» **TASK MATERIAL**:
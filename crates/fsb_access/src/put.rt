//! The number that a store puts.

ghost use Rattle.std.specs.Prelude.{◌≡◌, ◌*◌, ◌%◌, ◌^◌, IsTrue};
ghost use Rattle.fsb_access.specs.Access.{is_size};
ghost use Rattle.fsb_access.specs.Replay.{put_of};

use crate::access::Operand;

/// The number that a store of so many bytes puts, given the value that its agent loaded last.
pub fn number_put(size: u8, last: u64, value: &Operand) -> u64
    requires { IsTrue (is_size size) }
    ensures { result ≡ put_of size last value.now }
{
    match value {
        Operand::Literal(number) => *number,
        Operand::LastPlus(number) => cut(size, last.wrapping_add(*number)),
    }
}

/// A number cut to so many bytes, the lowest ones.
pub fn cut(size: u8, number: u64) -> u64
    requires { IsTrue (is_size size) }
    ensures { result ≡ number % 2 ^ (8 * size) }
{
    match size {
        1 => number % 0x100,
        2 => number % 0x1_0000,
        4 => number % 0x1_0000_0000,
        _ => number,
    }
}
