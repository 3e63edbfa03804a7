//! What the agents are asked to do, and what they did.
//!
//! An agent has a [`Script`]: a list of [`Item`]s, each a single [`Access`], a locked [`Group`] of accesses, or clocks
//! spent idle. Each completed access becomes one [`Done`] entry of the [`Log`].
//!
//! Two definitions say what a log is worth, and they stand in `specs/`, for every crate to cite:
//!
//! - `Served settings log` (`specs/Replay.antt`): the entries, served one after the other on one byte memory that
//!   begins with the settings, give exactly the values that the log has.
//! - `InOrder scripts log` (`specs/ScriptOrder.antt`): each agent's entries are its script's accesses in order, up to
//!   the end of an item, and the entries of one item are neighbours.
//!
//! [`Flat`] is that byte memory as a program: its `serve` is one step of the replay, and [`number_put`] is what a store puts.
//! What these definitions say of loads
//! and stores, and how a log goes on by an entry or by an item, are laws: [`stores_are_loaded`], [`served_logs_go_on`] and
//! [`orderly_logs_go_on`].
#![tactic(auto)]

pub use access::{
    ADDRESS_LIMIT, Access, CHUNK_BYTES, LINE_BYTES, LINE_CHUNKS, Operand, Setting, fits,
};
pub use flat::{Flat, value_of};
pub use item::{Group, Item, Script};
pub use laws::{orderly_logs_go_on, served_logs_go_on, stores_are_loaded};
pub use log::{Done, Log};
pub use put::{cut, number_put};

mod access;
mod flat;
mod item;
mod laws;
mod log;
mod put;
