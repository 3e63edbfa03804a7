//! What a request has at each name.

ghost use Rattle.std.specs.Prelude.{◌≡◌, ◌+◌, ◌*◌, OnOk};
ghost use Rattle.serde_json.specs.View.{members_view, view};
ghost use Rattle.request_facts.specs.Requests.{address_in, address_of, kind_word, outcome_word, with_clock, with_outcome, with_snoop_end, with_target};

use fsb_encode::{Kind, Request};
use fsb_owner_table::Snooped;
use fsb_trace::Outcome;
use reason_facts::{put_count, put_flag, put_word};
use serde_json::{Map, Value, put};
use std::alloc::{AllocError, Global};

/// Puts a clock that comes behind so many others at a name, or null.
#[tactic(auto, unfolding(crate::specs::Requests::with_clock))]
pub(crate) fn put_clock(
    object: &mut Map<String, Value>,
    alloc: Global,
    name: &str,
    before: u32,
    clock: Option<u32>,
) -> Result<(), AllocError>
    ensures { OnOk result (members_view object.new.entries
        ≡ with_clock name.now before clock (members_view object.old.entries)) }
{
    match clock {
        None => put(object, alloc, name, Value::Null),
        Some(clock) => put_count(object, alloc, name, u64::from(before) + u64::from(clock)),
    }
}

fn kind_word(kind: Kind) -> &'static str
    ensures { result.now ≡ kind_word kind }
{
    match kind {
        Kind::Reply => "reply",
        Kind::Invalidate => "invalidate",
        Kind::Read => "read",
        Kind::WriteBack => "writeback",
        Kind::Upgrade => "upgrade",
    }
}

// The byte address of a line.
fn address_in(line: u64) -> Value
    ensures { view result ≡ address_in (line * 32) }
{
    match line.checked_mul(32) {
        None => Value::Null,
        Some(address) => Value::from(address),
    }
}

// The address of the line that a request names; a reply names none.
#[tactic(auto, unfolding(crate::specs::Requests::address_of))]
fn address_of(request: &Request) -> Value
    ensures { view result ≡ address_of request.now }
{
    match request.kind {
        Kind::Reply => Value::Null,
        Kind::Invalidate | Kind::Read | Kind::WriteBack | Kind::Upgrade => address_in(request.line),
    }
}

/// Puts what a request asks for: its kind, the address of its line, and its deferred ID.
#[tactic(auto, unfolding(crate::specs::Requests::with_target))]
pub(crate) fn put_target(
    object: &mut Map<String, Value>,
    alloc: Global,
    request: Option<Request>,
) -> Result<(), AllocError>
    ensures { OnOk result (members_view object.new.entries
        ≡ with_target request (members_view object.old.entries)) }
{
    match request {
        None => {
            put(object, alloc, "kind", Value::Null)?;
            put(object, alloc, "address", Value::Null)?;
            put(object, alloc, "id", Value::Null)
        }
        Some(request) => {
            put_word(object, alloc, "kind", kind_word(request.kind))?;
            put(object, alloc, "address", address_of(&request))?;
            put_count(object, alloc, "id", u64::from(request.did))
        }
    }
}

/// Puts the snoop end of a request, whose clock comes behind so many others, and the lines there.
#[tactic(auto, unfolding(crate::specs::Requests::with_snoop_end))]
pub(crate) fn put_snoop_end(
    object: &mut Map<String, Value>,
    alloc: Global,
    before: u32,
    snoop: Option<Snooped>,
) -> Result<(), AllocError>
    ensures { OnOk result (members_view object.new.entries
        ≡ with_snoop_end before snoop (members_view object.old.entries)) }
{
    match snoop {
        None => {
            put(object, alloc, "snoop_end", Value::Null)?;
            put(object, alloc, "hit", Value::Null)?;
            put(object, alloc, "hitm", Value::Null)?;
            put(object, alloc, "defer", Value::Null)
        }
        Some(snoop) => {
            put_clock(object, alloc, "snoop_end", before, Some(snoop.clock))?;
            put_flag(object, alloc, "hit", snoop.hit)?;
            put_flag(object, alloc, "hitm", snoop.hitm)?;
            put_flag(object, alloc, "defer", snoop.defer)
        }
    }
}

fn outcome_word(outcome: Outcome) -> &'static str
    ensures { result.now ≡ outcome_word outcome }
{
    match outcome {
        Outcome::Granted => "granted",
        Outcome::Handed => "handed",
        Outcome::Retried => "retried",
        Outcome::Deferred => "deferred",
        Outcome::Written => "written",
        Outcome::Replied => "replied",
        Outcome::Failed => "failed",
        Outcome::Upgraded => "upgraded",
    }
}

/// Puts the outcome of a request, or a word for one that was cancelled.
#[tactic(auto, unfolding(crate::specs::Requests::with_outcome))]
pub(crate) fn put_outcome(
    object: &mut Map<String, Value>,
    alloc: Global,
    is_cancelled: bool,
    outcome: Option<Outcome>,
) -> Result<(), AllocError>
    ensures { OnOk result (members_view object.new.entries
        ≡ with_outcome is_cancelled outcome (members_view object.old.entries)) }
{
    match outcome {
        Some(outcome) => put_word(object, alloc, "outcome", outcome_word(outcome)),
        None => {
            if is_cancelled {
                put_word(object, alloc, "outcome", "aerr")
            } else {
                put(object, alloc, "outcome", Value::Null)
            }
        }
    }
}
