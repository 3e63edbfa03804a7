//! Laws over the moments of a run: no code.

ghost use Rattle.std.specs.Prelude.{◌≡◌, ◌<◌, ◌+◌, ◌++◌, ℕ, [], None, Some, false, true, length, not};
ghost use Rattle.std.specs.List.{filter, filter_map};
ghost use Rattle.std.specs.Option.{option_map};
ghost use Rattle.fsb_encode.specs.declared.request.Request.{Request};
ghost use Rattle.fsb_trace.specs.Flight.{outstanding};
ghost use Rattle.fsb_trace.specs.Outcome.{is_deferral};
ghost use Rattle.fsb_timely.specs.Past.{Claim, Grant, Owing, SnoopEnd};
ghost use Rattle.fsb_timely.specs.Grants.{begun_at, ended_requests, is_end_at, snooped_at};
ghost use Rattle.fsb_timely.specs.Growth.{GrowsTo, is_last_clock};
ghost use Rattle.fsb_timely.specs.Moments.{number_of_turn, requests_ending_at, responded_at, retried_at, turns_in};
ghost use Rattle.fsb_timely.specs.Runs.{Run, past_of};
ghost use Rattle.fsb_timely.specs.Wants.{outstanding_at, unsnooped_at, want_of};
ghost use Rattle.fsb_coherent.specs.Awaits.{cancelled_in, responded_in, snoop_end_below};
ghost use Rattle.fsb_run_laws.specs.Reaches.{Reaches};
ghost use Rattle.fsb_run_laws.specs.RunSteps.{listed, open_claims, owing_begun, retried_in, stays_open, stays_owed};

/// The moment of a clock has the response, the Retry and the ends of that clock as the whole trace
/// of a timely run has them.
pub fn moments_have_the_answers()
    ensures responded { (r : Run) (n : ℕ) → Reaches r (n + 1) →
        responded_in (past_of r) n ≡ responded_at r.trace n }
    ensures retried { (r : Run) (n : ℕ) → Reaches r (n + 1) →
        retried_in (past_of r) n ≡ retried_at r.trace n }
    ensures ended { (r : Run) (n : ℕ) → Reaches r (n + 1) →
        ended_requests (past_of r) n ≡ requests_ending_at r.trace n }
{}

/// The open requests of a clock are those of symmetric agents that began below it, and were neither
/// cancelled nor snooped below it, in order.
pub fn open_lists_are_told()
    ensures { (r : Run) (n : ℕ) → Reaches r n →
        unsnooped_at (past_of r) n ≡ open_claims (past_of r) n }
{}

/// The open requests one clock on: without the one that is cancelled or snooped at the clock, and
/// with the one that begins.
pub fn open_lists_step()
    ensures { (r : Run) (n : ℕ) → Reaches r (n + 1) → unsnooped_at (past_of r) (n + 1)
        ≡ filter (stays_open (past_of r) n) (unsnooped_at (past_of r) n)
        ++ listed (begun_at (past_of r) n) }
{}

/// The outstanding requests of symmetric agents that the moments have at a clock are, in order,
/// those that the whole trace has as outstanding there.
pub fn outstanding_lists_are_told()
    ensures { (r : Run) (n : ℕ) → Reaches r n → outstanding_at (past_of r) n
        ≡ filter_map (owing_begun (past_of r)) (outstanding r.trace n) }
{}

/// The outstanding requests one clock on: without those of which the clock is the last one as such,
/// and with the one that begins. The moment tells which those are: the one that is cancelled, those
/// that end and were not Deferred, and those whose replies end. The one that begins has the ID of
/// what its agent wants at the clock.
pub fn outstanding_lists_step()
    ensures list { (r : Run) (n : ℕ) → Reaches r (n + 1) → outstanding_at (past_of r) (n + 1)
        ≡ filter (λ owing. not (is_last_clock r.trace n owing.claim.first))
        (outstanding_at (past_of r) n) ++ listed (owing_begun (past_of r) n) }
    ensures told { (r : Run) (n : ℕ) → Reaches r (n + 1) → outstanding_at (past_of r) (n + 1)
        ≡ filter (λ owing. stays_owed (past_of r) n owing.claim) (outstanding_at (past_of r) n)
        ++ listed (owing_begun (past_of r) n) }
    ensures begun { (r : Run) (n : ℕ) (owing : Owing) → Reaches r (n + 1) →
        owing_begun (past_of r) n ≡ Some owing →
        (request : Request) × (want_of (past_of r) owing.claim.agent n ≡ Some request)
        × (owing.did ≡ request.did) × (owing.claim.line ≡ request.line)
        × (owing.claim.first ≡ n) }
{}

/// Which clock is the last one of a request as outstanding, by its moment: the clock that cancels
/// it; its end, unless its settled outcome is Deferred; and for a Deferred one, which the snoop end
/// of its reply names by its grant, the end of that reply. A clock that cancels nothing and has no
/// end is the last one of none.
pub fn last_clocks_are_told()
    ensures cancelled { (r : Run) (n q : ℕ) → Reaches r (n + 1) →
        cancelled_in (past_of r) n ≡ Some q → is_last_clock r.trace n q ≡ true }
    ensures ended { (r : Run) (n q : ℕ) (s : SnoopEnd) → Reaches r (n + 1) →
        is_end_at (past_of r) n q ≡ true → snoop_end_below (past_of r) (n + 1) q ≡ Some s →
        is_last_clock r.trace n q ≡ not (is_deferral s.outcome) }
    ensures replied { (r : Run) (n q : ℕ) (s : SnoopEnd) (grant : Grant) → Reaches r (n + 1) →
        is_end_at (past_of r) n q ≡ true → snoop_end_below (past_of r) (n + 1) q ≡ Some s →
        s.claim ≡ None → s.grant ≡ Some grant →
        (claim : Claim) × (claim.agent ≡ grant.agent) × (claim.line ≡ grant.line)
        × (is_last_clock r.trace n claim.first ≡ true) }
    ensures quiet { (r : Run) (n q : ℕ) (claim : Claim) → Reaches r (n + 1) →
        begun_at (past_of r) q ≡ Some claim → q < n → cancelled_in (past_of r) n ≡ None →
        ended_requests (past_of r) n ≡ [] → is_last_clock r.trace n q ≡ false }
{}

/// The turns of a run one clock on: with that of the snoop end of the clock behind the others.
pub fn turns_step()
    ensures { (r s : Run) → GrowsTo r s → turns_in (past_of s).moments
        ≡ turns_in (past_of r).moments
        ++ listed (option_map (λ end. number_of_turn end.turn)
        (snooped_at (past_of s) (length r.trace))) }
{}
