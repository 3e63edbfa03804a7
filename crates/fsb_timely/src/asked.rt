//! Laws over what hazard objects were asked: no code.

ghost use Rattle.std.specs.Prelude.{◌≡◌, ◌↔◌, ◌<◌, ℕ, Bool, List, Option, Some, true, false, length, slice_get};
ghost use Rattle.fsb_encode.specs.declared.request.Request.{Request};
ghost use Rattle.fsb_hazard.specs.declared.choice.Ask.TheVariants.{Begun, Clock};
ghost use Rattle.fsb_hazard.specs.declared.choice.Choice.{Choice};
ghost use Rattle.fsb_hazard.specs.Asking.{IsJoined};
ghost use Rattle.fsb_hazard.specs.Told.{Told};
ghost use Rattle.fsb_timely.specs.Asked.{Asked, IsChosen, IsHold};
ghost use Rattle.fsb_timely.specs.AskedSteps.{IsAskedAt, AskedInSteps, IsAskedStep};
ghost use Rattle.fsb_timely.specs.Growth.{IsNext, IsWhole};
ghost use Rattle.fsb_timely.specs.Runs.{Run};

/// What objects answer together is what a step keeps of them: the choice for a request without BNR#, and of the answers to a
/// clock BNR# alone.
pub fn answers_are_kept()
    ensures choice { (objects : List (Option Told)) (k : ℕ) (request : Request) (choice : Choice) →
        IsJoined objects (Begun k request) choice →
        IsChosen objects k (record choice { bnr = false }) }
    ensures hold { (objects : List (Option Told)) (c : ℕ) (choice : Choice) →
        IsJoined objects (Clock c) choice → IsHold objects c choice.bnr }
{}

/// A run was asked step by step exactly where it was up to its last step, and the last step was; objects may come and go
/// between two steps, so each step is said of those that stand at it. Where the same objects stand at each step, this is
/// what `Asked` says of the whole lists of choices and holds.
pub fn asked_in_steps()
    ensures empty { (standing : ℕ → List (Option Told)) (r : Run) → length r.trace ≡ 0 →
        AskedInSteps standing r }
    ensures goes_on { (standing : ℕ → List (Option Told)) (r s : Run) → IsNext r s → IsWhole r →
        AskedInSteps standing s ↔ (AskedInSteps standing r
        × IsAskedAt (standing (length r.trace)) s (length r.trace)) }
    ensures earlier { (objects : List (Option Told)) (r s : Run) (c : ℕ) → IsNext r s → IsWhole r →
        c < length r.trace →
        IsAskedAt objects r c ↔ IsAskedAt objects s c }
    ensures step { (objects : List (Option Told)) (r s : Run) (step : IsNext r s) → IsWhole r →
        IsWhole s →
        IsAskedStep objects r s step ↔ IsAskedAt objects s (length r.trace) }
    ensures stay { (objects : List (Option Told)) (r : Run) → IsWhole r →
        AskedInSteps (λ c. objects) r ↔ Asked objects r.choices r.holds }
{}
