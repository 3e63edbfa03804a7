//! Laws of the definitions: small functions with no code, whose contracts are the laws.

ghost use Rattle.std.specs.Prelude.{◌≡◌, ℕ, ◌+◌, ◌%◌, ◌^◌, ◌<◌, ◌≤◌, ◌⊎◌, true, List, [], ◌∷◌, ◌++◌};
ghost use Rattle.fsb_access.specs.Access.{is_place};
ghost use Rattle.fsb_access.specs.ByteMemory.{ByteMemory, bytes_at, value_at, put_value};
ghost use Rattle.fsb_access.specs.Replay.{start_of, served_value, replay, Served};
ghost use Rattle.fsb_access.specs.ScriptOrder.{script_of, InOrder, AreNextItem};
ghost use Rattle.fsb_access.specs.declared.access.Setting.{Setting};
ghost use Rattle.fsb_access.specs.declared.item.Item.{Item};
ghost use Rattle.fsb_access.specs.declared.log.Done.{Done};

/// A load of the bytes that a store has put gives the number that was stored, and bytes beside them stay as they were.
/// A number that is loaded fits its bytes, and the bytes of a lawful access lie within one line of 32 bytes.
pub fn stores_are_loaded()
    ensures stored { (memory : ByteMemory) (addr size value : ℕ) → value < 256 ^ size →
        value_at (put_value memory addr size value) addr size ≡ value }
    ensures beside { (memory : ByteMemory) (addr size value from count : ℕ) →
        (from + count ≤ addr) ⊎ (addr + size ≤ from) →
        bytes_at (put_value memory addr size value) from count ≡ bytes_at memory from count }
    ensures fits { (memory : ByteMemory) (addr size : ℕ) → ((place : ℕ) → memory place < 256) →
        value_at memory addr size < 256 ^ size }
    ensures line { (size addr : ℕ) → is_place size addr ≡ true → addr % 32 + size ≤ 32 }
{}

/// The empty log is served; so is a served log with one more entry, whose value is what that entry finds after the
/// others; and so is the front of a log that is served.
pub fn served_logs_go_on()
    ensures empty { (settings : List Setting) → Served settings [] }
    ensures next { (settings : List Setting) (log : List Done) (done : Done) → Served settings log →
        done.value ≡ served_value (replay (start_of settings) log) done.agent done.access →
        Served settings (log ++ done ∷ []) }
    ensures front { (settings : List Setting) (log more : List Done) →
        Served settings (log ++ more) → Served settings log }
{}

/// The empty log is in order; so is a log in order with the entries of the next item of one agent's script after it.
pub fn orderly_logs_go_on()
    ensures empty { (scripts : List (List Item)) → InOrder scripts [] }
    ensures next { (scripts : List (List Item)) (agent count : ℕ) (log more : List Done) →
        InOrder scripts log → AreNextItem (script_of scripts agent) agent count log more →
        InOrder scripts (log ++ more) }
{}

» **ACTIVITY**: Pick out every line above that contains the word "unfolding" and copy it.

» **SOLUTION TO THIS EXERCISE**:
#[tactic(auto, unfolding(crate::specs::Requests::with_clock))]
#[tactic(auto, unfolding(crate::specs::Requests::address_of))]
#[tactic(auto, unfolding(crate::specs::Requests::with_target))]
#[tactic(auto, unfolding(crate::specs::Requests::with_snoop_end))]
#[tactic(auto, unfolding(crate::specs::Requests::with_outcome))]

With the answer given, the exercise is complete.